The lost update is a concurrency problem that can happen if multiple transactions is trying to update the same data at the same time and some of the updates are lost and the final value is wrong.

The solution is to serialize the transactions.

78
Q

What are the different read phenomenas that can happen. What are they dependent on?

A

Dirty read
Non-repeatable reads
Phantom reads

These problems can occur at different isolation levels that are set at each transaction. Usually we try to relax the isolation to increase concurrency but it increases the risk for the read phenomena.

79
Q

What is the non-repeatable phenomena?

A

Concurrency issue.

It describes a situation where a transaction reads a piece of data, and when it attempts to read the same data again later within the same transaction, it gets a different value.

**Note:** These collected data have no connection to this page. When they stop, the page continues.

//! How a script's threads are run: one after another, or by workers side by side.

ghost use Rattle.std.specs.Prelude.{◌≡◌, ◌≢◌, ◌<◌, [], None, IfOk, IfErr};
ghost use Rattle.cml_hub.specs.{Kept.{NoneOut}, Playing.{PlaysSoFar}};
ghost use Rattle.cml_host.specs.{Between.{between}, Running.{HasRun, IsStopped, IsCounted, Plays, PlaysChosen, PlaysPart, hub_of, cause_of}};
ghost use Rattle.cml_host.specs.declared.workers.Cause.TheVariants.{Memory};
ghost use Rattle.cml_work.specs.Works.{IsWorkerCount, IsWorked, GoesOnFrom};

use crate::reports::send_reports;
use crate::tell::hub_is_a_run;
use cml_arguments::RunOptions;
use cml_hub::{Chooser, First, Hub, Seeded};
use cml_stream::Counting;
use cml_value::Tid;
use cml_work::{Gate, WorkFault, run_watched, run_workers};
use std::alloc::Global;
use std::fmt;
use std::io::Write;
use std::sync::Wait;
use std::thread::Threads;
use thiserror::Error;

/// Why a run is not told as one that has come to its end.
#[derive(Clone, Copy, Debug, Error)]
pub enum Cause {
    /// Out of memory, or no thread could be started.
    #[error("out of memory")]
    Memory,
    /// A write of the reports failed.
    #[error("a write of the reports failed")]
    Write,
    /// The reports that were written are not those of the run.
    #[error("the reports are not those of the run")]
    Foreign,
}

/// A run that is not told as one that has come to its end.
#[derive(Drop, Error)]
#[error("{cause}")]
pub struct Stopped {
    /// The hub, as far as it has gone on.
    pub hub: Hub,
    /// Why it is not told as one that has come to its end.
    pub cause: Cause,
}

// The hub itself is not shown.
impl fmt::Debug for Stopped {
    fn fmt<W: fmt::Write>(&self, f: &mut fmt::Formatter<W>) -> fmt::Result {
        write!(f, "{self}")
    }
}

/// The gate through which every slice may go.
#[derive(Clone, Copy)]
pub struct Open;

impl Gate for Open {
    ghost told = { λ gate thread. Unit {0} };

    fn enter(&self, _thread: Tid) {}
}

/// Runs the hub to its end, and writes its reports to the errors: after the run, or, with more workers than one, each as soon as it is
/// made. With a seed it chooses by that, else always the first. More workers than one go through the gate with each slice.
///
/// # Errors
/// Memory ran out, a write of the reports failed, or the reports that were written are not those of the run.
pub fn run_hub<R, G, E>(
    rt: &R,
    alloc: Global,
    gate: &G,
    hub: Hub,
    options: &RunOptions<'_>,
    err: &mut Counting<'_, E>,
) -> Result<Hub, Stopped>
where
    R: Threads + Wait + Sync,
    G: Gate + Sync,
    E: Write + Send,
    requires fresh { err.old.failed ≡ 0 }
    requires none_out { NoneOut hub }
    requires count { IsWorkerCount options.now.workers }
    requires watch { hub.watch ≡ options.now.watch }
    ensures ok { let errors = between E.contents err.old err.new in
        IfOk result (λ new. HasRun hub new errors) }
    ensures err { let errors = between E.contents err.old err.new in
        IfErr result (λ stopped. IsStopped options.now hub stopped errors) }
    ensures chosen { options.now.workers ≡ 1 → IfOk result (λ new. PlaysChosen options.now.seed hub new) }
    ensures so_far { options.now.workers ≡ 1 → IfErr result (λ stopped. PlaysPart options.now.seed hub stopped.hub) }
    ensures same_err { err.new.stream.ghost_name ≡ err.old.stream.ghost_name }
{
    match options.seed {
        Some(seed) => run_by(rt, alloc, gate, hub, options, Seeded::new(seed), err),
        None => run_by(rt, alloc, gate, hub, options, First, err),
    }
}

// The same, by this chooser.
fn run_by<R, G, C, E>(
    rt: &R,
    alloc: Global,
    gate: &G,
    hub: Hub,
    options: &RunOptions<'_>,
    chooser: C,
    err: &mut Counting<'_, E>,
) -> Result<Hub, Stopped>
where
    R: Threads + Wait + Sync,
    G: Gate + Sync,
    C: Chooser + Drop + Send,
    E: Write + Send,
    requires fresh { err.old.failed ≡ 0 }
    requires none_out { NoneOut hub }
    requires count { IsWorkerCount options.now.workers }
    requires watch { hub.watch ≡ options.now.watch }
    ensures ok { let errors = between E.contents err.old err.new in
        IfOk result (λ new. HasRun hub new errors) }
    ensures err { let errors = between E.contents err.old err.new in
        IfErr result (λ stopped. IsStopped options.now hub stopped errors) }
    ensures plays { options.now.workers ≡ 1 → IfOk result (λ new. Plays (record { picks = C.picks; next = C.next }) chooser hub new) }
    ensures so_far { options.now.workers ≡ 1 → IfErr result (λ stopped. PlaysSoFar (record { picks = C.picks; next = C.next }) hub chooser stopped.hub) }
    ensures same_err { err.new.stream.ghost_name ≡ err.old.stream.ghost_name }
{
    if options.workers == 1 {
        run_alone(alloc, hub, options, chooser, err)
    } else if options.watch.is_some() {
        run_live(rt, alloc, gate, hub, options, chooser, err)
    } else {
        run_silent(rt, alloc, gate, hub, options.workers, chooser)
    }
}

// By one thread, and then its reports.
fn run_alone<C: Chooser + Drop, E: Write>(
    alloc: Global,
    mut hub: Hub,
    options: &RunOptions<'_>,
    mut chooser: C,
    err: &mut Counting<'_, E>,
) -> Result<Hub, Stopped>
    requires fresh { err.old.failed ≡ 0 }
    ensures ok { let errors = between E.contents err.old err.new in
        IfOk result (λ new. HasRun hub new errors) }
    ensures err { let errors = between E.contents err.old err.new in
        IfErr result (λ stopped. IsStopped options.now hub stopped errors) }
    ensures plays { IfOk result (λ new. Plays (record { picks = C.picks; next = C.next }) chooser hub new) }
    ensures so_far { IfErr result (λ stopped. PlaysSoFar (record { picks = C.picks; next = C.next }) hub chooser stopped.hub) }
    ensures same_err { err.new.stream.ghost_name ≡ err.old.stream.ghost_name }
{
    let ended = hub.run_alone(alloc, &mut chooser);
    match send_reports(hub.reports(), err) {
        Ok(()) => {}
        Err(_) => return Err(Stopped {
            hub,
            cause: Cause::Write,
        }),
    }
    match ended {
        Ok(_) => Ok(hub),
        Err(_) => Err(Stopped {
            hub,
            cause: Cause::Memory,
        }),
    }
}

// By workers, where no reports are asked for.
fn run_silent<R, G, C>(
    rt: &R,
    alloc: Global,
    gate: &G,
    hub: Hub,
    workers: usize,
    chooser: C,
) -> Result<Hub, Stopped>
where
    R: Threads + Wait + Sync,
    G: Gate + Sync,
    C: Chooser + Drop + Send,
    requires none_out { NoneOut hub }
    requires count { IsWorkerCount workers }
    requires watch { hub.watch ≡ None }
    ensures ok { IfOk result (λ new. IsWorked hub new × (new.reports ≡ [])) }
    ensures err { IfErr result (λ stopped. GoesOnFrom hub stopped.hub × (stopped.hub.reports ≡ []) × (stopped.cause ≡ Memory)) }
{
    match run_workers(rt, alloc, hub, workers, chooser, gate) {
        Ok(hub) => {
            hub_is_a_run(&hub);
            Ok(hub)
        }
        Err(fault) => {
            let stopped = stopped_by(fault);
            hub_is_a_run(&stopped.hub);
            Err(stopped)
        }
    }
}

// By workers, while a watcher writes the reports.
fn run_live<R, G, C, E>(
    rt: &R,
    alloc: Global,
    gate: &G,
    hub: Hub,
    options: &RunOptions<'_>,
    chooser: C,
    err: &mut Counting<'_, E>,
) -> Result<Hub, Stopped>
where
    R: Threads + Wait + Sync,
    G: Gate + Sync,
    C: Chooser + Drop + Send,
    E: Write + Send,
    requires fresh { err.old.failed ≡ 0 }
    requires none_out { NoneOut hub }
    requires count { IsWorkerCount options.now.workers × (1 < options.now.workers) }
    requires watch { options.now.watch ≢ None }
    ensures ok { let errors = between E.contents err.old err.new in
        IfOk result (λ new. HasRun hub new errors) }
    ensures err { let errors = between E.contents err.old err.new in
        IfErr result (λ stopped. IsStopped options.now hub stopped errors) }
    ensures same_err { err.new.stream.ghost_name ≡ err.old.stream.ghost_name }
{
    match run_watched(rt, alloc, hub, options.workers, chooser, gate, err) {
        Ok((hub, seen)) => {
            drop(seen);
            Ok(hub)
        }
        Err(fault) => Err(stopped_by(fault)),
    }
}

// The hub that the fault carries, with why it does.
fn stopped_by(fault: WorkFault) -> Stopped
    requires { IsCounted fault }
    ensures hub { result.hub ≡ hub_of fault }
    ensures cause { result.cause ≡ cause_of fault }
{
    match fault {
        WorkFault::Count(_) => unreachable!(),
        WorkFault::Memory(hub) | WorkFault::Start(hub) => Stopped {
            hub,
            cause: Cause::Memory,
        },
        WorkFault::Write(hub) => Stopped {
            hub,
            cause: Cause::Write,
        },
        WorkFault::Foreign(hub, seen) => {
            drop(seen);
            Stopped {
                hub,
                cause: Cause::Foreign,
            }
        }
    }
}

The data read during a transaction is subject to modification by other transactions, leading to inconsistency in the values observed by the same transaction at different points in time.

To ensure that this cannot happen you need to set the isolation level to repeatable read or serializable.

80
Q

What is the phantom read phenomena? What can you do to avoid it?

A

Concurrency issue.

Refers to a situation where a transaction reads a set of rows that satisfy a certain condition, and when it attempts to read the same set of rows later within the same transaction, it observes additional rows that were inserted by other transactions.

To ensure that this cannot happen you need to set the isolation level for the transaction to serializable.

81
Q

What are the different isolation levels and which phenomena can happen is you choose them?

A

Read uncommitted
- All may occur.

Read committed
- Phantom reads
- non-repatable reads

Repeatable read
- Phantom reads

Serializable

82
Q

By looking at just one table in one state in a database, can we with certainty say that some functional dependencies hold?

A

No we would need to look at the tables in several states.

83
Q

SELECT T1.C1, SUM(T1.C2*T2.C2) FROM T1, T2
WHERE T1.C1 = T2.C1
GROUP BY T1.C1

What will this query do?

A

It will sum the values in T1.C2 and T2.C2 and then multiply them but only where T1.C1 = T2.C1.

It groups by the values by T1.C1.

84
Q

By looking at the schemas of transactions, how can we know if they will suffer from a lost update problem?

A

If one transaction reads a value and the updates it and in parallel another transaction reads that same value and updates it again before the first update is done then that update will be lost and the final value will be wrong. .

85
Q

By looking at the schemas of two transactions, how do you know if one of them is serializable to the other?

A

The operations need to be the same and you need to check that the read and write operations come in the right order to ensure that there is no concurrency issue.

You need to make sure that you do not write and read values in the wrong order.

86
Q

How does a joined query work?

A

When you join two tables sql first finds all possible pairs between the tables based on the join condition and then filters those based on the where clause.